The bar notation is necessary in order to make all of the quantities above Lorentz invariant. In short the relationship between the bar'ed quantitites and charge conjugates of fermions have to do with taking the hermitian conjugate of the creation / annihilation opeartors.
Let us focus for now on a free theory of Fermions. A Dirac Fermion can be written down as the following solution to the Dirac equation
$$
\psi(x) = \sum_{s \pm}\int\tilde{dp}\big[ a_s(\textbf{p})u_s(p)e^{ip\cdot x}
+ b_s^{\dagger}(\textbf{p})\nu_s(p)e^{-ip\cdot x}\big] \\
\bar{\psi}(x) = \sum_{s \pm}\int\tilde{dp}\big[ a^{\dagger}_s(\textbf{p})\bar{u}_s(p)e^{ip\cdot x}
+ b_s(\textbf{p})\bar{\nu}_s(p)e^{-ip\cdot x}\big]
$$
where $\tilde{dp}$ is a Lorentz invariant measure and $u_s(p)$ and $\nu_s(p)$ are four-component spinors
$$
u_s(p) = \begin{pmatrix}
\sqrt{p\cdot \sigma} \;\xi^s \\ \sqrt{p\cdot \bar{\sigma}} \;\xi^s \end{pmatrix};\; \nu_s(p) =\begin{pmatrix}
\sqrt{p\cdot \sigma} \;\eta^s \\ -\sqrt{p\cdot \bar{\sigma}} \;\eta^s \end{pmatrix};\; \overset{(-)}{\sigma_{\mu}} = (\mathbb{1}, \pm \vec{\sigma})
$$
corresponding to fermion and anti-fermion spinors. $a^{(\dagger)}_s(\textbf{p})$ and $b^{(\dagger)}_s(\textbf{p})$ are annihilation (creation) operators that can act on the Vacuum
$$
a_s(\textbf{p})|0\rangle = b_s(\textbf{p})|0\rangle = 0 \\
a^{\dagger}_s(\textbf{p})|0\rangle = \frac{1}{\sqrt{2E_{\textbf{p}}}}|\textbf{p},s\rangle_{\text{ferm}};\;
b^{\dagger}_s(\textbf{p})|0\rangle = \frac{1}{\sqrt{2E_{\textbf{p}}}}|\textbf{p},s\rangle_{\text{anti-ferm}};
$$
Charge conjugation is a symmetry that is manifest in some theories of phenomenalogical interest (and some that are not). Therefore Charge conjugation is an operator that commutes with that Hamiltonion and thus, is a quantum number for states in the Hilbert Space.

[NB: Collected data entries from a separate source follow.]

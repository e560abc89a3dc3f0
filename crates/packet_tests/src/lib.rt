//! Tests of packets of the runtime, and of what is done with them at an end, through their public calls.
#![tactic(auto)]

#[cfg(test)]
mod ends;
#[cfg(test)]
mod samples;
#[cfg(test)]
mod spellings;
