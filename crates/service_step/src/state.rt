ghost use Rattle.std.specs.Prelude.{◌≡◌, is_some};
ghost use Rattle.service_step.specs.Ends as ends;
ghost use Rattle.service_step.specs.State as state;

use charlotte_calls::{Bytes, EndId, Ends, Pid};

/// Where an end is.
#[derive(Clone, Copy, Debug, PartialEq, Eq)]
pub enum Place {
    /// A process owns it.
    Owned(Pid),
    /// It is carried by the message of this end with this number, which is not taken yet.
    InMessage(EndId, u32),
    Destroyed,
    /// Its link was not made.
    Unmade,
}

impl Place {
    /// Whether the end is of a made link.
    pub fn is_made(self) -> bool
        ensures { result ≡ ends.is_made self }
    {
        !matches!(self, Place::Unmade)
    }

    /// Whether the end was destroyed.
    pub fn is_destroyed(self) -> bool
        ensures { result ≡ ends.is_destroyed self }
    {
        matches!(self, Place::Destroyed)
    }

    /// Whether the end is owned or in a message.
    pub fn is_living(self) -> bool
        ensures { result ≡ ends.is_living self }
    {
        matches!(self, Place::Owned(_) | Place::InMessage(..))
    }

    /// The process that owns the end.
    pub fn owner(self) -> Option<Pid>
        ensures { result ≡ ends.owner self }
    {
        match self {
            Place::Owned(p) => Some(p),
            Place::InMessage(..) | Place::Destroyed | Place::Unmade => None,
        }
    }

    /// Whether this process owns the end.
    pub fn is_owned_by(self, p: Pid) -> bool
        ensures { result ≡ ends.is_owned_by p self }
    {
        match self {
            Place::Owned(owner) => p.0 == owner.0,
            Place::InMessage(..) | Place::Destroyed | Place::Unmade => false,
        }
    }
}

/// What a started send sends.
#[derive(Debug, Drop)]
pub struct Message {
    pub bytes: Bytes,
    /// The ends that it carries, in their order.
    pub carried: Ends,
}

impl Message {
    /// An equal message.
    pub fn copy(&self) -> Message
        ensures { result ≡ self.now }
    {
        Message {
            bytes: self.bytes.copy(),
            carried: self.carried.copy(),
        }
    }
}

/// The activity outward on an end: a send. Its message is the one whose number is the end's count of sends, since an end has one
/// started send at a time.
#[derive(Debug, Drop)]
pub enum Outward {
    /// No send.
    Idle,
    /// The send is started.
    Waiting(Message),
    /// The message is on its way to a receive, and can't be taken back.
    Matched(Message),
    /// The message was taken, and the sender does not know it yet.
    Taken,
    /// The send is over, and its report was not given yet.
    Unreported,
}

impl Outward {
    /// An equal state.
    pub fn copy(&self) -> Outward
        ensures { result ≡ self.now }
    {
        match self {
            Outward::Idle => Outward::Idle,
            Outward::Waiting(message) => Outward::Waiting(message.copy()),
            Outward::Matched(message) => Outward::Matched(message.copy()),
            Outward::Taken => Outward::Taken,
            Outward::Unreported => Outward::Unreported,
        }
    }

    /// Whether there is no send.
    pub fn is_idle(&self) -> bool
        ensures { result ≡ ends.is_idle_outward self.now }
    {
        matches!(self, Outward::Idle)
    }

    /// Whether a send waits for its match.
    pub fn is_waiting(&self) -> bool
        ensures { result ≡ is_some (ends.waiting_message self.now) }
    {
        matches!(self, Outward::Waiting(_))
    }

    /// Whether the message is matched and not taken yet.
    pub fn is_matched(&self) -> bool
        ensures { result ≡ is_some (ends.matched_message self.now) }
    {
        matches!(self, Outward::Matched(_))
    }

    /// Whether the message was taken.
    pub fn is_taken(&self) -> bool
        ensures { result ≡ ends.is_taken self.now }
    {
        matches!(self, Outward::Taken)
    }

    /// Whether the send is started and not over.
    pub fn is_started(&self) -> bool
        ensures { result ≡ ends.is_started_outward self.now }
    {
        matches!(
            self,
            Outward::Waiting(_) | Outward::Matched(_) | Outward::Taken
        )
    }
}

/// The activity inward on an end: a receive.
#[derive(Clone, Copy, Debug, PartialEq, Eq)]
pub enum Inward {
    /// No receive.
    Idle,
    /// The receive is started.
    Posted,
    /// The receive was taken back by a Cancel that is not answered yet.
    Withdrawn,
    /// The message with this number of the opposite end is on its way.
    Matched(u32),
    /// The receive is over, and its report was not given yet.
    Unreported,
}

impl Inward {
    /// Whether there is no receive.
    pub fn is_idle(self) -> bool
        ensures { result ≡ ends.is_idle_inward self }
    {
        matches!(self, Inward::Idle)
    }

    /// Whether the receive waits for a message.
    pub fn is_posted(self) -> bool
        ensures { result ≡ ends.is_posted self }
    {
        matches!(self, Inward::Posted)
    }

    /// Whether the receive was taken back.
    pub fn is_withdrawn(self) -> bool
        ensures { result ≡ ends.is_withdrawn self }
    {
        matches!(self, Inward::Withdrawn)
    }

    /// Whether some message is on its way.
    pub fn is_matched(self) -> bool
        ensures { result ≡ ends.is_matched_inward self }
    {
        matches!(self, Inward::Matched(_))
    }

    /// Whether the message with this number is on its way.
    pub fn is_matched_with(self, n: u32) -> bool
        ensures { result ≡ ends.is_matched_with n self }
    {
        match self {
            Inward::Matched(matched) => matched == n,
            Inward::Idle | Inward::Posted | Inward::Withdrawn | Inward::Unreported => false,
        }
    }

    /// Whether the receive is started and not over.
    pub fn is_started(self) -> bool
        ensures { result ≡ ends.is_started_inward self }
    {
        matches!(
            self,
            Inward::Posted | Inward::Withdrawn | Inward::Matched(_)
        )
    }
}

/// What the service knows of an end.
#[derive(Debug, Drop)]
pub struct End {
    pub place: Place,
    pub outward: Outward,
    pub inward: Inward,
    /// How many sends were started on it.
    pub sent: u32,
    /// The death of its link was noticed at it: its opposite was destroyed, and the news has come.
    pub noticed: bool,
}

impl End {
    /// An end that nothing happened to.
    pub fn fresh(place: Place) -> End
        ensures { result ≡ ends.fresh place }
    {
        End {
            place,
            outward: Outward::Idle,
            inward: Inward::Idle,
            sent: 0,
            noticed: false,
        }
    }

    /// An equal end.
    pub fn copy(&self) -> End
        ensures { result ≡ self.now }
    {
        End {
            place: self.place,
            outward: self.outward.copy(),
            inward: self.inward,
            sent: self.sent,
            noticed: self.noticed,
        }
    }

    /// Whether no activity is started or unreported.
    pub fn is_idle(&self) -> bool
        ensures { result ≡ ends.is_idle self.now }
    {
        self.outward.is_idle() && self.inward.is_idle()
    }

    /// Whether an activity is started.
    pub fn is_active(&self) -> bool
        ensures { result ≡ ends.is_active self.now }
    {
        self.outward.is_started() || self.inward.is_started()
    }
}

/// What a process is doing.
#[derive(Clone, Copy, Debug, PartialEq, Eq)]
pub enum Phase {
    /// It may make a call.
    Running,
    /// It waits for a report.
    Waiting,
    /// It waits for the answer to its Cancel of the receive on this end.
    Cancelling(EndId),
    Ended,
}

impl Phase {
    /// Whether the process may make a call.
    pub fn is_running(self) -> bool
        ensures { result ≡ state.is_running self }
    {
        matches!(self, Phase::Running)
    }

    /// Whether the process waits for a report.
    pub fn is_waiting(self) -> bool
        ensures { result ≡ state.is_waiting self }
    {
        matches!(self, Phase::Waiting)
    }

    /// Whether the process waits for the answer to its Cancel of the receive on this end.
    #[tactic(auto, unfolding(crate::specs::Ends::end_eq))]
    pub fn is_cancelling(self, e: EndId) -> bool
        ensures { result ≡ state.is_cancelling e self }
    {
        match self {
            Phase::Cancelling(on) => e == on,
            Phase::Running | Phase::Waiting | Phase::Ended => false,
        }
    }
}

For a general state one has
$\mathcal{C}|\phi\rangle = \eta_C|\phi^c\rangle$ for some field $\phi(x)$. Therefore, if we want to do a charge conjugation on some state, based off of how the creation operators act on the vacuum, what we want is
$$
\mathcal{C}^{-1}a_s(\textbf{p})\mathcal{C} = b_s(\textbf{p})
$$
and vice-versa. As it turns out, the charge conjugate of the Dirac fermion field operator is
$$
\mathcal{C}^{-1}\psi(x)\mathcal{C} = \psi^c(x) = \eta_cC\bar{\psi}^T(x).
$$
Noting the following from Srednickie pg 245
$$
C\bar{u}_s(p)^T = \nu_s(p);\; C\bar{\nu}_s(p)^T = u_s(p)
$$
one obtains
$$
\psi^c(x) = \sum_{\pm}\int\tilde{dp}\big[ b_s(\textbf{p})u_s(p)e^{ip\cdot x}
+ a_s^{\dagger}(\textbf{p})\nu_s(p)e^{-ip\cdot x}\big].
$$
Now both $\bar{\psi}$ and $\psi^c$ are different field operators. But think about how both operators act on the vacuum for this free Fermion theory.
To me at least this is how I see it. When people talk about anti-quarks or something in expressions that look like $\bar{u}(x)\gamma^{\mu}u(x)$, I just thing of it as an "abuse of notation" to make physical sense about the quantity we are looking at. In a way they are speaking about the "bar'ed" quantities with respect to how the corresponding free Fermion operator acts on the vacuum.
The reliability of this physical reasoning lies on the reliability of a perturbative expansion of some interacting theory over free fields. Strictly speaking, in strongly coupled theories (or even in something like low-energy QED if you are purist), this kind of physical argument has no rigorous basis.
I hope I answered your question. Hell I hope I am understanding this right. This is just the way I have always understood it.